Delivery of the shares against payment therefor in respect of each Advance Notice shall be settled promptly following each sale pursuant to the SEPA. In connection with any Advance Notice, if any portion of an advance would cause Yorkville’s beneficial ownership of our then outstanding common stock to exceed 4.99%, then such portion shall automatically be deemed to be withdrawn by us (with no further action required by us) and modified to reduce the amount of the advance requested by an amount equal to such withdrawn portion. We may terminate the SEPA upon five trading days of prior notice to Yorkville, provided that there are no Advance Notices outstanding and we have paid to Yorkville all amounts then due.

 

In addition to the issuance of our common stock to Yorkville pursuant to the SEPA, the Prospectus Supplement, as amended by this Amendment, also covers the resale of those shares from time to time by Yorkville to the public.
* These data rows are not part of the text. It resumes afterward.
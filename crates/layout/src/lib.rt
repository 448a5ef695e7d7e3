#![tactic(auto)]

// A retag's layout words, to a freeze mask. mem.rs: `UnsafeCellStrategy::freeze_mask`, `cells_to_freeze_mask`.
// A mask is filled into a lent buffer: 1 for a freeze byte, 0 for a cell byte (specs/Filled.antt).
ghost use Rattle.std.specs.Prelude.{◌≡◌, map, ◌%◌, ◌≤◌, ◌<◌, length, get_or, replicate};
ghost use Rattle.definition.specs.Notation.{table, write_at};
ghost use Rattle.definition.specs.Layout.{unsafe_cell, cells_fit, is_freeze, header, pointer_meta, sized_mask, slice_mask, trait_object_mask, tuple_mask, nested_mask};
ghost use Rattle.layout.specs.Filled.{header_of, meta_of, cell_of, layout_of, has_cells, mask_bytes, Fills, elements_mask, last_mask, tail_mask, answered, afterwards};

// Why no mask is filled.
#[derive(Clone, Copy, PartialEq, Eq)]
pub enum MaskError {
    // the words have none
    NoMask,
    // the lent buffer is not 4,096 bytes long
    WrongLength,
}

// ---- words to their fields
#[derive(Clone, Copy)]
enum LayoutStrategy {
    Sized,
    Slice,
    TraitObject,
    Tuple,
}

#[derive(Clone, Copy)]
struct Header {
    layout: LayoutStrategy,
    cells: u32,
    size: u32,
}

// The definition's three cases by their names: as an Option of two, one word of metadata would be said in two steps.
#[derive(Clone, Copy)]
enum PointerMeta {
    NoMetadata,
    ElementCount(u32),
    VTablePointer,
}

// Where a cell is: "each cell is offset (16), size (16)".
#[derive(Clone, Copy)]
struct UnsafeCell {
    offset: usize,
    size: usize,
}

impl From<u32> for LayoutStrategy {
    ghost from_gives = { λ word layout. layout_of layout ≡ (header word).layout };

    fn from(word: u32) -> Self {
        match word >> 30 {
            0 => LayoutStrategy::Sized,
            1 => LayoutStrategy::Slice,
            2 => LayoutStrategy::TraitObject,
            _ => LayoutStrategy::Tuple,
        }
    }
}

impl From<u32> for Header {
    ghost from_gives = { λ word head. header_of head ≡ header word };

    fn from(word: u32) -> Self {
        Header {
            layout: LayoutStrategy::from(word),
            cells: (word >> 22) % 0x100,
            size: word % 0x40_0000,
        }
    }
}

impl From<u32> for PointerMeta {
    ghost from_gives = { λ word metadata. meta_of metadata ≡ pointer_meta word };

    fn from(word: u32) -> Self {
        match word >> 30 {
            1 => PointerMeta::ElementCount(word % 0x4000_0000),
            2 => PointerMeta::VTablePointer,
            _ => PointerMeta::NoMetadata,
        }
    }
}

impl From<u32> for UnsafeCell {
    ghost from_gives = { λ word cell. cell_of cell ≡ unsafe_cell word };

    fn from(word: u32) -> Self {
        UnsafeCell {
            offset: (word >> 16) as usize,
            size: (word % 0x1_0000) as usize,
        }
    }
}

// ---- cells
// "Cells must come in order, not overlap and end within the size".
fn cells_fit(cells: &[u32], size: usize) -> bool
    ensures { result ≡ cells_fit 0 size (map unsafe_cell cells.now) }
{
    let mut end = 0;
    for &word in cells {
        let cell = UnsafeCell::from(word);
        if cell.offset < end {
            return false;
        }
        end = cell.offset + cell.size;
    }
    end <= size
}

// ---- filling
// The bytes of the cell of a word are cleared, as far as the mask goes.
fn clear_cell(mask: &mut [u8], word: u32)
    ensures { mask.new ≡ write_at (unsafe_cell word).offset (replicate (unsafe_cell word).size 0) mask.old }
{
    let cell = UnsafeCell::from(word);
    let start = cell.offset.min(mask.len());
    let end = (start + cell.size).min(mask.len());
    mask[start..end].fill(0);
}

// Converts a list of cell locations into a freeze mask, which fills the whole of `mask`.
fn cells_to_freeze_mask(cells: &[u32], mask: &mut [u8])
    ensures { mask.new ≡ mask_bytes (table (length mask.old) (is_freeze (map unsafe_cell cells.now))) }
{
    mask.fill(1);
    for &word in cells {
        clear_cell(mask, word);
    }
}

// The first `size` bytes, repeated to the end.
fn repeat(mask: &mut [u8], size: usize)
    requires { 0 < size }
    ensures { mask.new ≡ table (length mask.old) (λ b. get_or mask.old (b % size) 0) }
{
    for i in size..mask.len() {
        mask[i] = mask[i - size];
    }
}

// ---- masks: what is wanted, if `mask` has room for it; else nothing is written
// That `mask` has at most 4,096 bytes stays a clause of each: a tuple lends a part on, and a type that says so would be made anew for each part.
fn fill_sized(cells: &[u32], size: usize, mask: &mut [u8]) -> Option<usize>
    requires { length mask.old ≤ 4096 }
    ensures { Fills (sized_mask size (map unsafe_cell cells.now)) mask.old result mask.new }
{
    if mask.len() < size {
        return None;
    }
    cells_to_freeze_mask(cells, &mut mask[..size]);
    Some(size)
}

// "Slices repeat by the count": one element is filled, and then repeated. Without bytes there is no loop over the count.
fn fill_elements(cells: &[u32], size: u32, count: u32, mask: &mut [u8]) -> Option<usize>
    requires { length mask.old ≤ 4096 }
    ensures { Fills (elements_mask count size (map unsafe_cell cells.now)) mask.old result mask.new }
{
    let element = size as usize;
    let total = count as usize * element;
    if mask.len() < total {
        return None;
    }
    if total == 0 {
        return Some(0);
    }
    cells_to_freeze_mask(cells, &mut mask[..element]);
    repeat(&mut mask[..total], element);
    Some(total)
}

fn fill_slice(metadata: PointerMeta, cells: &[u32], size: u32, mask: &mut [u8]) -> Option<usize>
    requires { length mask.old ≤ 4096 }
    ensures { Fills (slice_mask (meta_of metadata) size (map unsafe_cell cells.now)) mask.old result mask.new }
{
    match metadata {
        PointerMeta::ElementCount(count) => fill_elements(cells, size, count, mask),
        _ => None, // "a slice without an element count"
    }
}

fn fill_trait_object(
    metadata: PointerMeta,
    cells: &[u32],
    size: u32,
    mask: &mut [u8],
) -> Option<usize>
    requires { length mask.old ≤ 4096 }
    ensures { Fills (trait_object_mask (meta_of metadata) size (map unsafe_cell cells.now)) mask.old result mask.new }
{
    match metadata {
        PointerMeta::VTablePointer => fill_sized(cells, size as usize, mask),
        _ => None, // "a trait object without vtable metadata"
    }
}

// A header that is no tuple's, from the words behind it: its cells, and none left over.
fn fill_last(head: Header, metadata: PointerMeta, words: &[u32], mask: &mut [u8]) -> Option<usize>
    requires { length mask.old ≤ 4096 }
    ensures { Fills (last_mask (header_of head) (meta_of metadata) words.now) mask.old result mask.new }
{
    if (head.cells as usize) < words.len() {
        return None;
    }
    match head.layout {
        LayoutStrategy::Sized => fill_sized(words, head.size as usize, mask),
        LayoutStrategy::Slice => fill_slice(metadata, words, head.size, mask),
        LayoutStrategy::TraitObject => fill_trait_object(metadata, words, head.size, mask),
        LayoutStrategy::Tuple => None, // not asked: `fill_layout` has taken it
    }
}

// The words start with so many cells, and these fit.
fn has_cells(words: &[u32], cells: usize, size: usize) -> bool
    ensures { result ≡ has_cells cells size words.now }
{
    words.len() >= cells && cells_fit(&words[..cells], size)
}

// "a tuple's mask is its head's, and the tail's part directly after it": that part of the buffer is lent on. The tail comes first,
// so that nothing is written where it has no mask.
#[cycle(fill_layout_fill_tuple)]
fn fill_tuple(
    cells: &[u32],
    size: usize,
    tail: &[u32],
    metadata: PointerMeta,
    tuples: usize,
    mask: &mut [u8],
) -> Option<usize>
    requires { length mask.old ≤ 4096 }
    ensures { Fills (tuple_mask (sized_mask size (map unsafe_cell cells.now)) (tail_mask tuples (meta_of metadata) tail.now)) mask.old result mask.new }
{
    if tuples == 0 || mask.len() < size {
        return None;
    }
    let len = fill_layout(tail, metadata, tuples - 1, &mut mask[size..])?;
    cells_to_freeze_mask(cells, &mut mask[..size]);
    Some(size + len)
}

// The mask of the words from a header on, in which at most so many tuples follow one another.
#[cycle(fill_layout_fill_tuple)]
fn fill_layout(
    words: &[u32],
    metadata: PointerMeta,
    tuples: usize,
    mask: &mut [u8],
) -> Option<usize>
    requires { length mask.old ≤ 4096 }
    ensures { Fills (nested_mask tuples (meta_of metadata) words.now) mask.old result mask.new }
{
    let [word, rest @ ..] = words else {
        return None;
    };
    let head = Header::from(*word);
    let cells = head.cells as usize;
    let size = head.size as usize;
    if !has_cells(rest, cells, size) {
        return None;
    }
    match head.layout {
        LayoutStrategy::Tuple => fill_tuple(
            &rest[..cells],
            size,
            &rest[cells..],
            metadata,
            tuples,
            mask,
        ),
        _ => fill_last(head, metadata, rest, mask),
    }
}

// The mask of all the layout words, the metadata word first, in a buffer that has room for every mask: how many bytes it has. It stands at the buffer's
// start; behind it, and without a mask, the buffer is as before.
pub fn freeze_mask(words: &[u32], mask: &mut [u8]) -> Result<usize, MaskError>
    ensures { (result ≡ answered words.now mask.old) × (mask.new ≡ afterwards words.now mask.old) }
{
    if mask.len() != 4096 {
        return Err(MaskError::WrongLength);
    }
    let [word, rest @ ..] = words else {
        return Err(MaskError::NoMask);
    };
    fill_layout(rest, PointerMeta::from(*word), 8, mask).ok_or(MaskError::NoMask)
}
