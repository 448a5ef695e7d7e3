#![tactic(auto)]

// The bytes of a run: their words, and how many bytes the next request has. proofs/Cuts.antt shows that a run cut so is the definition's.
ghost use Rattle.std.specs.Prelude.{◌≡◌, ◌∷◌, ◌+◌, ◌-◌, ◌*◌, ◌≤◌, ◌<◌, length, drop};
ghost use Rattle.definition.specs.Run.{words_of};
ghost use Rattle.stream.specs.Stream.{WordsRead, HeadOf, CutOf, moved};

use request::Request;

// The word whose bytes start at a place, "stored most significant byte first".
pub fn word_at(bytes: &[u8], at: usize) -> u32
    requires { at + 4 ≤ length bytes.now }
    ensures { words_of (drop at bytes.now) ≡ result ∷ words_of (drop (at + 4) bytes.now) }
{
    u32::from_be_bytes([bytes[at], bytes[at + 1], bytes[at + 2], bytes[at + 3]])
}

// The words of these bytes, put to the front of `words`; and how many they are. One to three bytes at the end make none.
pub fn read_words(bytes: &[u8], words: &mut [u32]) -> usize
    requires { length bytes.now < 4 * length words.old + 4 }
    ensures { WordsRead bytes.now words.old result words.new }
{
    let (chunks, _) = bytes.as_chunks::<4>();
    for (i, chunk) in chunks.iter().enumerate() {
        words[i] = u32::from_be_bytes(*chunk);
    }
    chunks.len()
}

// The next request of a run: its fields, where there are bytes for them, and how many bytes it has. No `Option` of fields: `CutOf`, which other
// crates cite, has them as they stand.
#[derive(Clone, Copy)]
pub struct Cut {
    pub fields: Request,
    pub size: usize,
}

fn head_of(bytes: &[u8]) -> Request
    requires { 16 ≤ length bytes.now }
    ensures { HeadOf bytes.now result }
{
    Request::of(&[
        word_at(bytes, 0),
        word_at(bytes, 4),
        word_at(bytes, 8),
        word_at(bytes, 12),
    ])
}

// How many words behind its fourth a request of the program has at most.
const MOST: usize = 4096;

// By the bytes at hand. Of a request that announces more, the first four are taken: "in the program" it falls under 2, as one that is cut short
// does.
pub fn next_cut(bytes: &[u8]) -> Cut
    ensures { CutOf bytes.now result }
{
    if bytes.len() < 16 {
        return Cut {
            fields: Request::of(&[0; 4]),
            size: 16,
        };
    }
    let fields = head_of(bytes);
    let announced = fields.following_length();
    let taken = if announced > MOST { 0 } else { announced };
    Cut {
        fields,
        size: 16 + 4 * taken,
    }
}

// Copies the bytes from one place up to another to the front; and how many they are.
pub fn move_to_front(bytes: &mut [u8], from: usize, end: usize) -> usize
    requires { (from ≤ end) × (end ≤ length bytes.old) }
    ensures { (result ≡ end - from) × (bytes.new ≡ moved from (end - from) bytes.old) }
{
    bytes.copy_within(from..end, 0);
    end - from
}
Though we have been advised by Yorkville, and Yorkville represents in the SEPA, that Yorkville is purchasing the shares for its own account, for investment purposes in which it takes investment risk (including, without limitation, the risk of loss), and without any view or intention to distribute such shares in violation of the Securities Act or any other applicable securities laws, the SEC may take the position that Yorkville may be deemed an “underwriter” within the meaning of Section 2(a)(11) of the Securities Act. We have agreed in the SEPA to provide customary indemnification to Yorkville. It is possible that our shares may be sold by Yorkville in one or more of the following manners:

 

  ordinary brokerage transactions and transactions in which the broker solicits purchasers;

 

  a block trade in which the broker or dealer so engaged will attempt to sell the shares as agent, but may position and resell a portion of the block as principal to facilitate the transaction;

 

  to a broker-dealer as principal and resale by the broker-dealer for its account; or

 

  a combination of any such methods of sale.

 

Yorkville has agreed that, during the term of the SEPA, neither Yorkville nor its affiliates will engage in any short sales or hedging transactions with respect to our common stock, provided that upon receipt of an Advance Notice Yorkville may sell shares that it is obligated to purchase under such Advance Notice prior to taking possession of such shares.

 

Yorkville may be subject to liability under the federal securities laws and must comply with the requirements of the Exchange Act, including without limitation, Rule 10b-5 and Regulation M under the Exchange Act. These rules and regulations may limit the timing of purchases and sales of our common stock by Yorkville. Under these rules and regulations, Yorkville:

 

  may not engage in any stabilization activity in connection with our securities;

 

  must furnish each broker which offers shares of our common stock covered by the prospectus supplement and accompanying prospectus that are a part of our registration statement with the number of copies of such prospectus supplement and accompanying prospectus which are required by each broker; and

 

  may not bid for or purchase any of our securities or attempt to induce any person to purchase any of our securities other than as permitted under the Exchange Act.

 

These restrictions may affect the marketability of the shares by Yorkville.